**Assignment:**
Beginning with the first line of the data below, reproduce every line unchanged, ending with the line that holds "pub(crate) fn push_head(line: u64, name: &Name, text: &mut".

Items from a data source
☆ ☆ ☆
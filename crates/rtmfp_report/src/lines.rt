//! What each line begins with.
ghost use Rattle.std.specs.Prelude.{◌≡◌, ◌++◌, OnOk};
ghost use Rattle.rtmfp_report.specs.LineText.{head_text};

use rtmfp_text::{Name, Text};
use std::alloc::AllocError;

/// Adds what a line begins with: the number of the script's line, and the end's name.
pub(crate) fn push_head(line: u64, name: &Name, text: &mut Text) -> Result<(), AllocError>
    ensures { OnOk result (text.new ≡ text.old ++ head_text line name.now) }
{
    text.push_number(line)?;
    text.push(" ")?;
    text.push_plain(name.bytes())?;
    text.push(" ")?;
    Ok(())
}
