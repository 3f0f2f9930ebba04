//! The secrets by which the datagrams of a group are read.
ghost use Rattle.std.specs.Prelude.{◌≡◌};
ghost use Rattle.std.specs.FinMap.{get};
ghost use Rattle.rtmfp_report.specs.KeptKeys.{secrets_in};

use counted_secrets::counted_secret;

/// The secrets of a group, by their generations (own).
#[derive(Clone, Copy)]
pub enum GroupSecrets {
    /// Those that are counted, in all generations.
    Counted,
    /// That of generation 0, and that of generation 1 where it is known.
    Given {
        first: [u8; 32],
        next: Option<[u8; 32]>,
    },
}

impl GroupSecrets {
    /// The secret in a generation, if there is one.
    pub(crate) fn secret(&self, generation: u64) -> Option<[u8; 32]>
        ensures { result ≡ get (secrets_in self.now) generation }
    {
        match self {
            GroupSecrets::Counted => Some(counted_secret(generation)),
            GroupSecrets::Given { first, next } => {
                if generation == 0 {
                    return Some(*first);
                }
                if generation == 1 {
                    return *next;
                }
                None
            }
        }
    }
}
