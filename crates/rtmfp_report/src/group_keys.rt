//! The keys by which the datagrams of a group are read.
ghost use Rattle.std.specs.Prelude.{◌≡◌, Some};
ghost use Rattle.std.specs.FinMap.{get};
ghost use Rattle.endpoint_laws.specs.Contexts.{Secrets, generation_of};
ghost use Rattle.rtmfp_report.specs.Hashed.{IsKeyOf};
ghost use Rattle.rtmfp_report.specs.KeptKeys.{AreUnder, secrets_in};

use crate::group_secrets::GroupSecrets;
use crypto_profile::{Context, Generation, StreamKey, decipher_in_place, stream_key};
use endpoint::{Endpoint, Entry};
use std::alloc::Global;
use std::marker::Model;

/// How many keys of sessions are kept at most.
const MOST_KEPT: usize = 512;

/// The key of a context's keystream.
#[derive(Drop)]
pub(crate) struct KeptKey {
    pub(crate) context: Context,
    pub(crate) key: StreamKey,
}

/// The secrets of a group, and keys of its packets: those of startup in the generations that sent
/// lately, which are derived once, and those of sessions that sent lately.
///
/// Contracts see the secrets by their generations.
#[derive(Drop)]
pub struct GroupKeys {
    alloc: Global,
    secrets: GroupSecrets,
    /// The last secret with an even number that was hashed, and the last one with an odd number. A
    /// group changes over from one number to the next.
    even: Option<Generation>,
    odd: Option<Generation>,
    /// The key of a session stands in the slot that its session IDs name, or nowhere. There are no
    /// slots at first, and fewer than there may be where no memory was found.
    kept: Vec<Option<KeptKey>>,
}

/// A secret of a group, hashed: kept so, or for one datagram.
#[derive(Drop)]
pub(crate) enum Hashed<'a> {
    Kept(&'a Generation),
    Made(Generation),
}

impl<'a> Hashed<'a> {
    ghost use Rattle.std.specs.Prelude.{◌≡◌};
    ghost use Rattle.rtmfp_report.specs.Hashed.{hashed_of};

    /// The secret.
    pub(crate) fn get(&self) -> &Generation
        ensures { result.now ≡ hashed_of self.now }
    {
        match self {
            Hashed::Kept(group) => group,
            Hashed::Made(group) => group,
        }
    }
}

impl Model for GroupKeys {
    ghost use Rattle.std.specs.Coded.{coded_list, coded_ℕ};
    ghost use Rattle.std.specs.FinMap.{code};
    ghost use Rattle.endpoint_laws.specs.Contexts.{Secrets};
    ghost use Rattle.rtmfp_report.specs.KeptKeys.{HasKeys, secrets_in};

    ghost Value = { Secrets };

    ghost coded = { code coded_ℕ (coded_list coded_ℕ) };

    ghost view = { λ k. secrets_in k.secrets };

    ghost invariant = { λ k. HasKeys (secrets_in k.secrets) k.even k.odd k.kept.items };
}

impl GroupKeys {
    ghost use Rattle.std.specs.Prelude.{◌≡◌, ◌≤◌, IfSome, length, drop, take};
    ghost use Rattle.std.specs.FinMap.{get};
    ghost use Rattle.crypto_profile.specs.Keys.{keys_of};
    ghost use Rattle.crypto_profile.specs.Opening.{plain_of};
    ghost use Rattle.endpoint_laws.specs.Contexts.{generation_of};
    ghost use Rattle.rtmfp_report.specs.Hashed.{IsFor, IsKeyOf, IsSecretOf};

    /// The keys of the group with these secrets. It takes no memory.
    pub fn of(alloc: Global, secrets: GroupSecrets) -> GroupKeys
        ensures { result ≡ secrets_in secrets }
    {
        GroupKeys {
            alloc,
            secrets,
            even: None,
            odd: None,
            kept: Vec::new(alloc),
        }
    }

    /// Keeps the keys of the sessions that sent these entries, as far as memory is found, and those
    /// of startup in the generations in which some went out.
    pub(crate) fn learn(&mut self, entries: &[Entry])
        ensures { self.new ≡ self.old }
    {
        for entry in entries {
            if let Entry::Out { context, .. } = entry {
                self.keep(context);
            }
        }
    }

    /// Keeps the keys of the sessions that sent these entries, as far as this end has them and
    /// memory is found. They aren't derived, which spares most of the time that `push_entries`
    /// would take for them.
    pub fn learn_from(&mut self, entries: &[Entry], end: &Endpoint)
        ensures { self.new ≡ self.old }
    {
        for entry in entries {
            if let Entry::Out { context, .. } = entry {
                self.keep_of(context, end);
            }
        }
    }

    /// Keeps the key of a context, where this end has it.
    fn keep_of(&mut self, context: &Context, end: &Endpoint)
        ensures { self.new ≡ self.old }
    {
        let Some(slot) = slot_of(context) else {
            return;
        };
        let Some(secret) = self.secrets.secret(generation_of(context)) else {
            return;
        };
        if self.kept.is_empty() {
            self.kept = empty_slots(self.alloc);
        }
        keep_found(&mut self.kept, slot, &secret, context, end);
    }

    /// Keeps the key of a context, and the secret of its generation.
    fn keep(&mut self, context: &Context)
        ensures { self.new ≡ self.old }
    {
        self.keep_group(generation_of(context));
        let Some(slot) = slot_of(context) else {
            return;
        };
        if self.kept_key(context).is_some() {
            return;
        }
        let Some(key) = self.derived(context) else {
            return;
        };
        if self.kept.is_empty() {
            self.kept = empty_slots(self.alloc);
        }
        keep_in(&mut self.kept, slot, context, key);
    }

    /// Keeps the secret of a generation, hashed, if there is one.
    fn keep_group(&mut self, generation: u64)
        ensures { self.new ≡ self.old }
    {
        let Some(group) = self.hashed_now(generation) else {
            return;
        };
        if generation % 2 == 0 {
            self.even = Some(group);
        } else {
            self.odd = Some(group);
        }
    }

    /// The secret of a generation, where it isn't kept and there is one.
    fn hashed_now(&self, generation: u64) -> Option<Generation>
        ensures { IfSome result (IsSecretOf self.now generation) }
    {
        match self.group(generation)? {
            Hashed::Made(group) => Some(group),
            Hashed::Kept(_) => None,
        }
    }

    /// The secret of a generation, if there is one.
    pub(crate) fn group(&self, generation: u64) -> Option<Hashed<'_>>
        ensures { IsFor self.now generation result }
    {
        let kept = if generation % 2 == 0 {
            &self.even
        } else {
            &self.odd
        };
        if let Some(group) = kept {
            if group.number() == generation {
                return Some(Hashed::Kept(group));
            }
        }
        match self.secrets.secret(generation) {
            Some(secret) => Some(Hashed::Made(Generation::of(generation, &secret))),
            None => None,
        }
    }

    /// The key of a context's keystream, if its generation has a secret.
    fn derived(&self, context: &Context) -> Option<StreamKey>
        ensures { IsKeyOf self.now context.now result }
    {
        let group = self.group(generation_of(context))?;
        Some(stream_key(group.get().secret(), context))
    }

    /// The key of a context's keystream, where it is kept.
    fn kept_key(&self, context: &Context) -> Option<&StreamKey>
        ensures { IfSome result (λ key. IfSome (get self.now (generation_of context.now))
            (λ secret. key.now ≡ (keys_of secret context.now).enc)) }
    {
        let slot = slot_of(context)?;
        match self.kept.get(slot) {
            None => None,
            Some(row) => match row {
                None => None,
                Some(kept) => {
                    if kept.context.is_same(context) {
                        Some(&kept.key)
                    } else {
                        None
                    }
                }
            },
        }
    }

    /// Deciphers a sealed part of this context in place by the secret of its generation, whatever
    /// its tag: its plain packet then stands from byte 32 on.
    pub(crate) fn decipher(&self, group: &Generation, context: &Context, part: &mut [u8])
        requires long { 32 ≤ length part.old }
        requires group { get self.now (generation_of context.now) ≡ Some group.now.secret }
        requires number { group.now.generation ≡ generation_of context.now }
        ensures head { take 32 part.new ≡ take 32 part.old }
        ensures plain { drop 32 part.new
            ≡ plain_of (keys_of group.now.secret context.now) part.old }
    {
        match context {
            Context::Startup { .. } => decipher_in_place(group.startup().stream(), part),
            Context::Session { .. } => match self.kept_key(context) {
                Some(key) => decipher_in_place(key, part),
                None => decipher_in_place(&stream_key(group.secret(), context), part),
            },
        }
    }
}

/// The generation of a context.
pub(crate) fn generation_of(context: &Context) -> u64
    ensures { result ≡ generation_of context.now }
{
    match context {
        Context::Startup { generation } => *generation,
        Context::Session { generation, .. } => *generation,
    }
}

/// Slots without keys, as many as memory is found for.
fn empty_slots(alloc: Global) -> Vec<Option<KeptKey>>
    ensures { (secrets : Secrets) → AreUnder secrets result.items }
{
    let mut slots = Vec::new(alloc);
    for _ in 0..MOST_KEPT {
        if slots.push(None).is_err() {
            return slots;
        }
    }
    slots
}

/// Keeps the key of a context in this slot, if there is one.
fn keep_in(kept: &mut [Option<KeptKey>], slot: usize, context: &Context, key: StreamKey)
    ensures { (secrets : Secrets) → IsKeyOf secrets context.now (Some key) →
        AreUnder secrets kept.old → AreUnder secrets kept.new }
{
    if slot >= kept.len() || is_kept(&kept[slot], context) {
        return;
    }
    kept[slot] = Some(KeptKey {
        context: *context,
        key,
    });
}

/// Keeps the key of a context in this slot, if there is one and this end has the key under the
/// secret of the context's generation.
fn keep_found(
    kept: &mut [Option<KeptKey>],
    slot: usize,
    secret: &[u8; 32],
    context: &Context,
    end: &Endpoint,
)
    ensures { (secrets : Secrets) → get secrets (generation_of context.now) ≡ Some secret.now →
        AreUnder secrets kept.old → AreUnder secrets kept.new }
{
    if slot >= kept.len() || is_kept(&kept[slot], context) {
        return;
    }
    if let Some(key) = end.stream_key(secret, context) {
        kept[slot] = Some(KeptKey {
            context: *context,
            key: key.copy(),
        });
    }
}

/// Whether the key of this context is kept here.
fn is_kept(row: &Option<KeptKey>, context: &Context) -> bool {
    match row {
        Some(kept) => kept.context.is_same(context),
        None => false,
    }
}

/// The slot of a session's context; none of that of startup.
fn slot_of(context: &Context) -> Option<usize> {
    match context {
        Context::Startup { .. } => None,
        Context::Session {
            sid_i,
            sid_r,
            to_responder,
            ..
        } => {
            let pair = sid_i.wrapping_mul(31) ^ *sid_r;
            let slot = pair.wrapping_mul(2) | u32::from(*to_responder);
            Some(slot as usize % MOST_KEPT)
        }
    }
}
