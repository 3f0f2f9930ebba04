//! How many things of each kind ends did, and the line that tells it.
ghost use Rattle.std.specs.Prelude.{◌≡◌, ◌+◌, ◌++◌, List, OnOk};
ghost use Rattle.endpoint_model.specs.declared.entry.Entry.{Entry as EntryType};
ghost use Rattle.rtmfp_report.specs.Tally.{nothing_counted, summary_text, tally_of, with_entries, with_entry, with_fact};

use endpoint::Entry;
use glare_core::Fact;
use rtmfp_text::Text;
use std::alloc::AllocError;

/// How many things of each kind ends did.
#[derive(Clone, Copy, Debug, PartialEq, Eq)]
pub struct Tally {
    /// Datagrams that went out.
    pub sent: u64,
    /// Attempts that were started.
    pub started: u64,
    /// Sessions that were born.
    pub born: u64,
    /// Sessions that were opened.
    pub opened: u64,
    /// Sessions that were confirmed.
    pub confirmed: u64,
    /// Attempts and sessions that ended.
    pub ended: u64,
    /// Datagrams and chunks that were discarded.
    pub dropped: u64,
}

impl Tally {
    /// Of nothing.
    pub fn new() -> Tally
        ensures { result ≡ nothing_counted }
    {
        Tally {
            sent: 0,
            started: 0,
            born: 0,
            opened: 0,
            confirmed: 0,
            ended: 0,
            dropped: 0,
        }
    }

    /// Counts entries. More than 2^64-1 of a kind count as want of memory; some of the entries are
    /// counted then.
    pub fn count(&mut self, entries: &[Entry]) -> Result<(), AllocError>
        ensures value { OnOk result (self.new ≡ with_entries self.old entries.now) }

        // Behind entries that were counted before, these are counted as well.
        ensures more { (before : List EntryType) → self.old ≡ tally_of before →
            OnOk result (self.new ≡ tally_of (before ++ entries.now)) }
    {
        self.count_all(entries)
    }

    fn count_all(&mut self, entries: &[Entry]) -> Result<(), AllocError>
        ensures { OnOk result (self.new ≡ with_entries self.old entries.now) }
    {
        let mut rest = entries;
        while let [entry, others @ ..] = rest {
            self.count_entry(entry)?;
            rest = others;
        }
        Ok(())
    }

    fn count_entry(&mut self, entry: &Entry) -> Result<(), AllocError>
        ensures { OnOk result (self.new ≡ with_entry self.old entry.now) }
    {
        match entry {
            Entry::Fact(fact) => self.count_fact(fact),
            Entry::Discard { .. } => add_one(&mut self.dropped),
            Entry::Out { .. } => add_one(&mut self.sent),
            _ => Ok(()),
        }
    }

    fn count_fact(&mut self, fact: &Fact) -> Result<(), AllocError>
        ensures { OnOk result (self.new ≡ with_fact self.old fact.now) }
    {
        match fact {
            Fact::Started { .. } => add_one(&mut self.started),
            Fact::Born(_) => add_one(&mut self.born),
            Fact::Opened(_) => add_one(&mut self.opened),
            Fact::Confirmed { .. } => add_one(&mut self.confirmed),
            Fact::Ended { .. } => add_one(&mut self.ended),
        }
    }
}

fn add_one(count: &mut u64) -> Result<(), AllocError>
    ensures { OnOk result (count.new ≡ count.old + 1) }
{
    *count = count.checked_add(1).ok_or(AllocError)?;
    Ok(())
}

/// Adds the line of a run that had so many ends and steps, and in which so many pairs of an end and
/// a peer keep a session when it is over.
pub fn push_summary(
    ends: u64,
    steps: u64,
    tally: &Tally,
    kept: u64,
    text: &mut Text,
) -> Result<(), AllocError>
    ensures { OnOk result (text.new ≡ text.old ++ summary_text ends steps tally.now kept) }
{
    text.push_number_field("ends=", ends)?;
    text.push_number_field(" steps=", steps)?;
    text.push_number_field(" sent=", tally.sent)?;
    text.push_number_field(" started=", tally.started)?;
    text.push_number_field(" born=", tally.born)?;
    text.push_number_field(" opened=", tally.opened)?;
    text.push_number_field(" confirmed=", tally.confirmed)?;
    text.push_number_field(" ended=", tally.ended)?;
    text.push_number_field(" dropped=", tally.dropped)?;
    text.push_number_field(" kept=", kept)?;
    text.push("\n")?;
    Ok(())
}
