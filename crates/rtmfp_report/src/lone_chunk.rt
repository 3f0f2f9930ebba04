//! The only chunk of a plain packet, told by the packet's first bytes.
ghost use Rattle.std.specs.Prelude.{◌≡◌, ◌<◌, drop};
ghost use Rattle.rtmfp_packet.specs.Head.{flag, flagged_len};
ghost use Rattle.rtmfp_report.specs.LoneChunk.{filling_kind, lone_kind, stamps_len};

/// The bits of the flags that announce a timestamp and an echo, counted from the lowest.
const STAMP: u32 = 3;

const ECHO: u32 = 2;

/// The bytes of a chunk before its payload.
const CHUNK_HEAD: usize = 3;

/// The type of the only chunk of a plain packet of `size` bytes that begins with `front`; none
/// where these bytes don't tell that there is only one, or which.
pub(crate) fn lone_kind(size: usize, front: &[u8]) -> Option<u8>
    ensures { result ≡ lone_kind size front.now }
{
    let [flags, rest @ ..] = front else {
        return None;
    };
    if *flags % 4 == 0 {
        return None;
    }
    let stamps = stamps_len(*flags);
    filling_kind(size.saturating_sub(1 + stamps), behind(rest, stamps))
}

/// The bytes behind the first ones.
fn behind(bytes: &[u8], count: usize) -> &[u8]
    ensures { result.now ≡ drop count bytes.now }
{
    match bytes.get(count..) {
        Some(rest) => rest,
        None => &[],
    }
}

/// How many bytes of timestamps flags announce.
fn stamps_len(flags: u8) -> usize
    ensures len { result ≡ stamps_len flags }
    ensures few { result < 5 }
{
    flagged_len(is_flagged(flags, STAMP)) + flagged_len(is_flagged(flags, ECHO))
}

/// Whether this bit of the flags is set.
fn is_flagged(flags: u8, bit: u32) -> bool
    requires { bit < 8 }
    ensures { result ≡ flag flags bit }
{
    flags >> bit & 1 == 1
}

/// Two bytes for what is flagged.
fn flagged_len(is_flagged: bool) -> usize
    ensures len { result ≡ flagged_len is_flagged }
    ensures few { result < 3 }
{
    if is_flagged { 2 } else { 0 }
}

/// The type of a chunk that begins with these bytes and fills a body of `size` bytes, but for at
/// most two.
fn filling_kind(size: usize, bytes: &[u8]) -> Option<u8>
    ensures { result ≡ filling_kind size bytes.now }
{
    let [kind, high, low, ..] = bytes else {
        return None;
    };
    let end = CHUNK_HEAD + usize::from(u16::from_be_bytes([*high, *low]));
    if size < end || end + 2 < size || *kind == 0x00 || *kind == 0xff {
        return None;
    }
    Some(*kind)
}
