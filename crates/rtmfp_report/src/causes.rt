//! The names of the causes for which datagrams and chunks are discarded.
ghost use Rattle.std.specs.Prelude.{◌≡◌, ◌++◌, OnOk};
ghost use Rattle.rtmfp_report.specs.CauseText.{cause_text};

use rtmfp_base::Cause;
use rtmfp_text::Text;
use std::alloc::AllocError;

/// Adds the name of a cause, and its value where it has one.
#[tactic(auto, unfolding(crate::specs::CauseText::cause_text))]
pub(crate) fn push_cause(cause: &Cause, text: &mut Text) -> Result<(), AllocError>
    ensures { OnOk result (text.new ≡ text.old ++ cause_text cause.now) }
{
    match cause {
        Cause::Short => text.push("short"),
        Cause::UnknownSession => text.push("unknown-session"),
        Cause::BadTag => text.push("bad-tag"),
        Cause::Repeated => text.push("repeated"),
        Cause::BadPacket(fault) => text.push_number_field("bad-packet ", u64::from(*fault)),
        Cause::UnknownChunk(kind) => text.push_field("unknown-chunk ", &[*kind]),
        Cause::Malformed(offset) => text.push_number_field("malformed ", *offset),
        Cause::WrongPlace => text.push("wrong-place"),
        Cause::NotSelected => text.push("not-selected"),
        Cause::NoAttempt => text.push("no-attempt"),
        Cause::WrongPeer => text.push("wrong-peer"),
        Cause::WrongState => text.push("wrong-state"),
        Cause::BadCookie => text.push("bad-cookie"),
        Cause::BadSignature => text.push("bad-signature"),
        Cause::WrongResponder => text.push("wrong-responder"),
        Cause::OwnCertificate => text.push("own-certificate"),
        Cause::Stale(seen) => text.push_number_field("stale ", *seen),
        Cause::Glare(n) => text.push_number_field("glare ", *n),
        Cause::PeersFull(limit) => text.push_number_field("peers-full ", *limit),
        Cause::SessionsFull(limit) => text.push_number_field("sessions-full ", *limit),
        Cause::SecondKeying => text.push("second-keying"),
        Cause::UnknownFlow => text.push("unknown-flow"),
        Cause::BeyondBuffer(held) => text.push_number_field("beyond-buffer ", *held),
        Cause::AfterFinal(number) => text.push_number_field("after-final ", *number),
        Cause::AckBeyond(number) => text.push_number_field("ack-beyond ", *number),
        Cause::CandidatesFull(count) => text.push_number_field("candidates-full ", *count),
        Cause::Fragment => text.push("fragment"),
        Cause::FlowsFull(count) => text.push_number_field("flows-full ", *count),
        Cause::Wide(count) => text.push_number_field("wide ", *count),
        Cause::AlreadyHeld(near) => text.push_number_field("already-held ", u64::from(*near)),
        Cause::AttemptsSpent => text.push("attempts-spent"),
        Cause::Piece(refusal, told) => {
            text.push_number_field("piece ", u64::from(*refusal))?;
            text.push_number_field(" ", *told)
        }
        Cause::BadWhole(fault) => text.push_number_field("bad-whole ", u64::from(*fault)),
    }
}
☆ ☆ ☆
**Task output:**
filename crates/rtmfp_report/src/lines.rt
//! What each line begins with.
ghost use Rattle.std.specs.Prelude.{◌≡◌, ◌++◌, OnOk};
ghost use Rattle.rtmfp_report.specs.LineText.{head_text};

use rtmfp_text::{Name, Text};
use std::alloc::AllocError;

/// Adds what a line begins with: the number of the script's line, and the end's name.
pub(crate) fn push_head(line: u64, name: &Name, text: &mut Text) -> Result<(), AllocError>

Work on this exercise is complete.